Question about the lagged expectation operators


I am trying to simulate a simple general equilibrium model introduced by Wen (2002). My problem is the capital investment decisions must be made in advance for at least one period. So, the capital investment will not respond to demand shocks instantaneously. Some of the first order conditions have the lagged expectation operator and I tried to incorporate it to the code (first two equations). However, the Blanchard condition is not met. Without the operators there is a steady state solution and I also get the impulse responses, but that’s not what I want to solve.

Any help is highly appreciated. I attached my .mod file.

wen.mod (1.18 KB)

Try using an auxiliary variable, see [Expected value of a power)


Thank you very much for your prompt reply. I tried to add auxiliary variables, but it doesn’t seem to work. Probably I’m doing something wrong but I can’t find the problem.
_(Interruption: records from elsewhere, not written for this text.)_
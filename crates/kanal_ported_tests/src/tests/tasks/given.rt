//! What the tests of tasks share: the ends of a channel, and tasks that run to their end.
use crate::tests::given::{equal, holds};
use crate::tests::messages::boxed;
use futures::StreamExt;
use futures::executor::block_on;
use kanal::error::{ReceiveError, SendError};
use kanal::{AsyncReceiver, AsyncSender, ReceiveStream, bounded_async, unbounded_async};
use std::alloc::AllocGlobal;
use std::fmt::Debug;
use std::process::Abort;
use std::random::RandomSource;
use std::sync::Wait;

/// The ends of a channel with so many places, or without limit.
pub fn new<T: Drop>(
    rt: &(impl Abort + AllocGlobal),
    capacity: Option<usize>,
) -> (AsyncSender<T>, AsyncReceiver<T>) {
    match capacity {
        None => unbounded_async(rt.alloc()).expect(rt, "a channel"),
        Some(capacity) => bounded_async(rt.alloc(), capacity).expect(rt, "a channel"),
    }
}

/// Sends in a task that runs to its end.
pub fn send<T: Drop, R: Wait + Abort + RandomSource + AllocGlobal>(
    rt: &R,
    tx: &AsyncSender<T>,
    message: T,
) -> Result<(), SendError> {
    block_on(rt, tx.send(message)).expect(rt, "a task")
}

/// Receives in a task that runs to its end.
pub fn recv<T: Drop, R: Wait + Abort + RandomSource + AllocGlobal>(
    rt: &R,
    rx: &AsyncReceiver<T>,
) -> Result<T, ReceiveError> {
    block_on(rt, rx.recv()).expect(rt, "a task")
}

/// Sends the message, and waits until it has a place or is taken.
pub fn send_one<T: Drop, R: Wait + Abort + RandomSource + AllocGlobal>(
    rt: &R,
    tx: &AsyncSender<T>,
    message: T,
) {
    equal(rt, send(rt, tx, message), Ok(()));
}

/// Receives this message, and waits for it.
pub fn receive_one<T, R>(rt: &R, rx: &AsyncReceiver<T>, message: T)
where
    T: Drop + PartialEq + Debug,
    R: Wait + Abort + RandomSource + AllocGlobal,
{
    equal(rt, recv(rt, rx), Ok(message));
}

/// Sends so many boxes round 1.
pub fn send_ones<R: Wait + Abort + RandomSource + AllocGlobal>(
    rt: &R,
    tx: &AsyncSender<Box<u64>>,
    count: u64,
) {
    for _ in 0..count {
        equal(rt, send(rt, tx, boxed(rt, 1)), Ok(()));
    }
}

/// Receives so many boxes round 1.
pub fn receive_ones<R: Wait + Abort + RandomSource + AllocGlobal>(
    rt: &R,
    rx: &AsyncReceiver<Box<u64>>,
    count: u64,
) {
    for _ in 0..count {
        let message = recv(rt, rx).expect(rt, "a message");
        equal(rt, *message, 1);
    }
}

/// Sends 0, 1 and so on, below the end, and drops the sender.
pub fn send_below<R: Wait + Abort + RandomSource + AllocGlobal>(
    rt: &R,
    tx: AsyncSender<u64>,
    end: u64,
) {
    for number in 0..end {
        send_one(rt, &tx, number);
    }
}

/// The stream's next message.
fn next<R: Wait + Abort + RandomSource + AllocGlobal>(
    rt: &R,
    stream: &mut ReceiveStream<'_, u64>,
) -> Option<u64> {
    block_on(rt, stream.next()).expect(rt, "a task")
}

/// Takes 0, 1 and so on, below the end, from a stream; then it is over, and stays so.
pub fn stream_below<R: Wait + Abort + RandomSource + AllocGlobal>(
    rt: &R,
    rx: &AsyncReceiver<u64>,
    end: u64,
) {
    let mut stream = rx.stream();
    holds(rt, !stream.is_terminated(rt));
    for number in 0..end {
        equal(rt, next(rt, &mut stream), Some(number));
    }
    equal(rt, next(rt, &mut stream), None);
    holds(rt, stream.is_terminated(rt));
    equal(rt, next(rt, &mut stream), None);
}
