//! Each exchange of a few messages, in which any request for memory may be refused.
//!
//! `scripts/refuse-memory` refuses one request after another.
use crate::calls::{exchange, exchange_from_task, exchange_to_task, gather, map_by, map_by_two};
use crate::refusals::counted;
use anyhow::{Result, bail};
use kanal_exchange::{ExchangeError, NewError, ReceiveError, SendError, Stage};
use kanal_given::{Counted, Drops};
use std::alloc::{AllocGlobal, Global};
use std::random::RandomSource;
use std::sync::Wait;
use std::thread::Threads;

/// How many messages each sender has.
const FEW: u64 = 12;

/// Hands on each message as it is.
struct AsItIs;

impl Stage for AsItIs {
    type Input = Counted;

    type Output = Counted;

    ghost value = { λ _ message. message };

    fn apply(&self, message: Counted) -> Option<Counted> {
        Some(message)
    }
}

/// Whether the error tells of a want of memory, which a task and a thread need, too.
fn is_for_memory(error: ExchangeError) -> bool {
    matches!(
        error,
        ExchangeError::New(NewError::NoMemory)
            | ExchangeError::Send(SendError::NoMemory)
            | ExchangeError::Receive(ReceiveError::NoMemory)
            | ExchangeError::NoMemory
            | ExchangeError::Task
            | ExchangeError::NoThread
    )
}

/// Prints what was refused, and answers how many exchanges were: one or none. Each message is dropped once.
fn tell<R: Print>(
    rt: &R,
    name: &str,
    drops: &Drops,
    messages: u64,
    answer: std::result::Result<Vec<Counted>, ExchangeError>,
) -> Result<u64> {
    let refused = answer.err();
    let dropped = drops.count();
    if dropped != messages {
        bail!("{name}: {dropped} of {messages} dropped");
    }
    let Some(error) = refused else {
        return Ok(0);
    };
    if !is_for_memory(error) {
        bail!("{name}: {error}");
    }
    println!(rt; "{name}: {error}, {dropped} of {messages} dropped")?;
    Ok(1)
}

/// How many of the exchanges of one list were refused.
fn lists<R>(rt: &R, alloc: Global, capacity: Option<usize>) -> Result<u64>
where
    R: Threads + Wait + RandomSource + AllocGlobal + Print + Sync,
{
    let drops = Drops::new(alloc)?;
    let answer = exchange(rt, alloc, capacity, counted(alloc, &drops, FEW)?);
    let plain = tell(rt, "exchanged", &drops, FEW, answer)?;
    let drops = Drops::new(alloc)?;
    let answer = exchange_to_task(rt, alloc, capacity, counted(alloc, &drops, FEW)?);
    let to_task = tell(rt, "to a task", &drops, FEW, answer)?;
    let drops = Drops::new(alloc)?;
    let answer = exchange_from_task(rt, alloc, capacity, counted(alloc, &drops, FEW)?);
    let from_task = tell(rt, "from a task", &drops, FEW, answer)?;
    Ok(plain.wrapping_add(to_task).wrapping_add(from_task))
}

/// How many of the exchanges with more than two threads were refused.
fn pipelines<R>(rt: &R, alloc: Global, capacity: Option<usize>) -> Result<u64>
where
    R: Threads + Wait + Print + Sync,
{
    let drops = Drops::new(alloc)?;
    let (first, second) = (counted(alloc, &drops, FEW)?, counted(alloc, &drops, FEW)?);
    let answer = gather(rt, alloc, capacity, first, second);
    let merge = tell(rt, "gathered", &drops, FEW.wrapping_mul(2), answer)?;
    let drops = Drops::new(alloc)?;
    let answer = map_by(rt, alloc, &AsItIs, capacity, counted(alloc, &drops, FEW)?);
    let one = tell(rt, "mapped", &drops, FEW, answer)?;
    let drops = Drops::new(alloc)?;
    let answer = map_by_two(
        rt,
        alloc,
        &AsItIs,
        &AsItIs,
        capacity,
        counted(alloc, &drops, FEW)?,
    );
    let two = tell(rt, "mapped by two", &drops, FEW, answer)?;
    Ok(merge.wrapping_add(one).wrapping_add(two))
}

/// Makes each exchange, at two places and without limit, and prints how many were refused.
pub fn exchange_few<R>(rt: &R) -> Result<()>
where
    R: Threads + Wait + RandomSource + AllocGlobal + Print + Sync,
{
    let mut refused: u64 = 0;
    for capacity in [Some(2), None] {
        refused = refused.wrapping_add(lists(rt, rt.alloc(), capacity)?);
        refused = refused.wrapping_add(pipelines(rt, rt.alloc(), capacity)?);
    }
    println!(rt; "refused calls: {refused}")?;
    Ok(())
}
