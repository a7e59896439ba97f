//! Counts lines and words of standard input in a pipeline of four threads, of which the third is slow.
//!
//! A bounded channel before a slow stage is full, and a send waits. How many counts waited at most goes to standard
//! error, since no two runs agree on it.
mod slow;
mod words;

use crate::calls::map_by_two;
use anyhow::Result;
use slow::{Backlog, Slow};
use std::alloc::AllocGlobal;
use std::io::{BufRead, BufReader, Input};
use std::sync::Wait;
use std::thread::Threads;
use std::time::Clock;
use words::Words;

/// How many lines or counts each channel has places for.
const PLACES: usize = 2;

/// Prints how many words are in how many lines.
pub fn count_words<R>(rt: &R) -> Result<()>
where
    R: Threads + Wait + AllocGlobal + Clock + Input + Print + Eprint + Sync,
{
    let mut lines = Vec::new(rt.alloc());
    let input = BufReader::new(rt.alloc(), rt.reader())?;
    for line in input.lines(rt.alloc()) {
        lines.push(line?)?;
    }
    let waiting = Backlog::new();
    let counting = Words { waiting: &waiting };
    let slow = Slow {
        rt,
        waiting: &waiting,
    };
    let counts = map_by_two(rt, rt.alloc(), &counting, &slow, Some(PLACES), lines)?;
    let mut words: u64 = 0;
    for count in counts.iter() {
        words = words.wrapping_add(*count);
    }
    eprintln!(rt;
        "at most {} counts waited, with {PLACES} places",
        waiting.most()
    )?;
    println!(rt; "{words} words in {} lines", counts.len())?;
    Ok(())
}
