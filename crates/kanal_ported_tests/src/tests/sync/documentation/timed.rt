//! Sends until a deadline, by a clock that stands still.
use crate::tests::given::{equal, holds};
use crate::tests::sync::given::{new, receive_one};
use kanal::TestClock;
use std::thread;
use std::time::Duration;

/// The option of the second send is empty then.
#[test]
fn sends_until_a_deadline(rt: HostRuntime) {
    let (s, r) = new::<&'static str>(&rt, Some(0));
    let long = Duration::from_millis(500);
    thread::join(
        &rt,
        || {
            let answer = s.send_timeout(&rt, "Hello", long, &TestClock::still(0));
            equal(&rt, answer, Ok(()));
        },
        || receive_one(&rt, &r, "Hello"),
    );
    thread::join(
        &rt,
        move || {
            let mut option = Some("Hello");
            let answer = s.send_option_timeout(&rt, &mut option, long, &TestClock::still(0));
            equal(&rt, answer, Ok(()));
            holds(&rt, option.is_none());
        },
        || receive_one(&rt, &r, "Hello"),
    );
}
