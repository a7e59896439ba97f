//! Two values come in turns and in order: all bits 0 and all bits 1, of several types.
use super::given::{new, recv, send};
use crate::tests::given::{MESSAGES, equal};
use crate::tests::messages::{Padded, PaddedReprC};
use kanal::{AsyncReceiver, AsyncSender};
use std::alloc::AllocGlobal;
use std::fmt::Debug;
use std::process::Abort;
use std::random::RandomSource;
use std::sync::Wait;
use std::thread;
use std::thread::Threads;

/// Sends both, so many times.
fn send_both<T: Drop + Copy, R: Wait + Abort + RandomSource + AllocGlobal>(
    rt: &R,
    tx: &AsyncSender<T>,
    (zero, ones): (T, T),
    times: u64,
) {
    for _ in 0..times {
        equal(rt, send(rt, tx, zero), Ok(()));
        equal(rt, send(rt, tx, ones), Ok(()));
    }
}

/// Receives both, so many times.
fn receive_both<T, R>(rt: &R, rx: &AsyncReceiver<T>, (zero, ones): (T, T), times: u64)
where
    T: Drop + Copy + PartialEq + Debug,
    R: Wait + Abort + RandomSource + AllocGlobal,
{
    for _ in 0..times {
        equal(rt, recv(rt, rx), Ok(zero));
        equal(rt, recv(rt, rx), Ok(ones));
    }
}

/// Both go so many times from one thread, which has the sole sender, to another, with no place between.
pub fn pass_both<T, R>(rt: &R, both: (T, T), times: u64)
where
    T: Drop + Copy + PartialEq + Debug + Send + Sync,
    R: Threads + Wait + Abort + RandomSource + AllocGlobal + Sync,
{
    let (tx, rx) = new::<T>(rt, Some(0));
    thread::join(
        rt,
        move || send_both(rt, &tx, both, times),
        || receive_both(rt, &rx, both, times),
    );
}

#[test]
fn integrity_u8(rt: HostRuntime) {
    pass_both(&rt, (0u8, !0u8), MESSAGES);
}

#[test]
fn integrity_u16(rt: HostRuntime) {
    pass_both(&rt, (0u16, !0u16), MESSAGES);
}

#[test]
fn integrity_u32(rt: HostRuntime) {
    pass_both(&rt, (0u32, !0u32), MESSAGES);
}

#[test]
fn integrity_usize(rt: HostRuntime) {
    pass_both(&rt, (0u64, !0u64), MESSAGES);
}

#[test]
fn integrity_big(rt: HostRuntime) {
    let ones = (!0u64, !0u64, !0u64, !0u64);
    pass_both(&rt, ((0u64, 0u64, 0u64, 0u64), ones), MESSAGES);
}

#[test]
fn integrity_string(rt: HostRuntime) {
    pass_both(&rt, ("", "not empty"), MESSAGES);
}

#[test]
fn integrity_padded_rust(rt: HostRuntime) {
    let zero = Padded {
        a: false,
        b: 0,
        c: 0,
    };
    let ones = Padded {
        a: true,
        b: 0xFF,
        c: 0xFFFF_FFFF,
    };
    pass_both(&rt, (zero, ones), MESSAGES);
}

#[test]
fn integrity_padded_c(rt: HostRuntime) {
    let zero = PaddedReprC {
        a: false,
        b: 0,
        c: 0,
    };
    let ones = PaddedReprC {
        a: true,
        b: 0xFF,
        c: 0xFFFF_FFFF,
    };
    pass_both(&rt, (zero, ones), MESSAGES);
}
Basically I want to have two equations:

E_(t-1)[f(theta_t, c_t, theta_(t+1), c_(t+1), k_(t+1), n_(t+1))]=0;


E_(t-1)[g(n_t, theta_t, c_t, k_t, n_t)]=0;

and to handle this I defined z1=f(t+1) and used z1(-1)=0. Similarly for the second equation I defined z2=g(t+1) and used z2(-1)=0. But the rank condition is not verified.

Thank you for your help!
wen.mod (1.21 KB)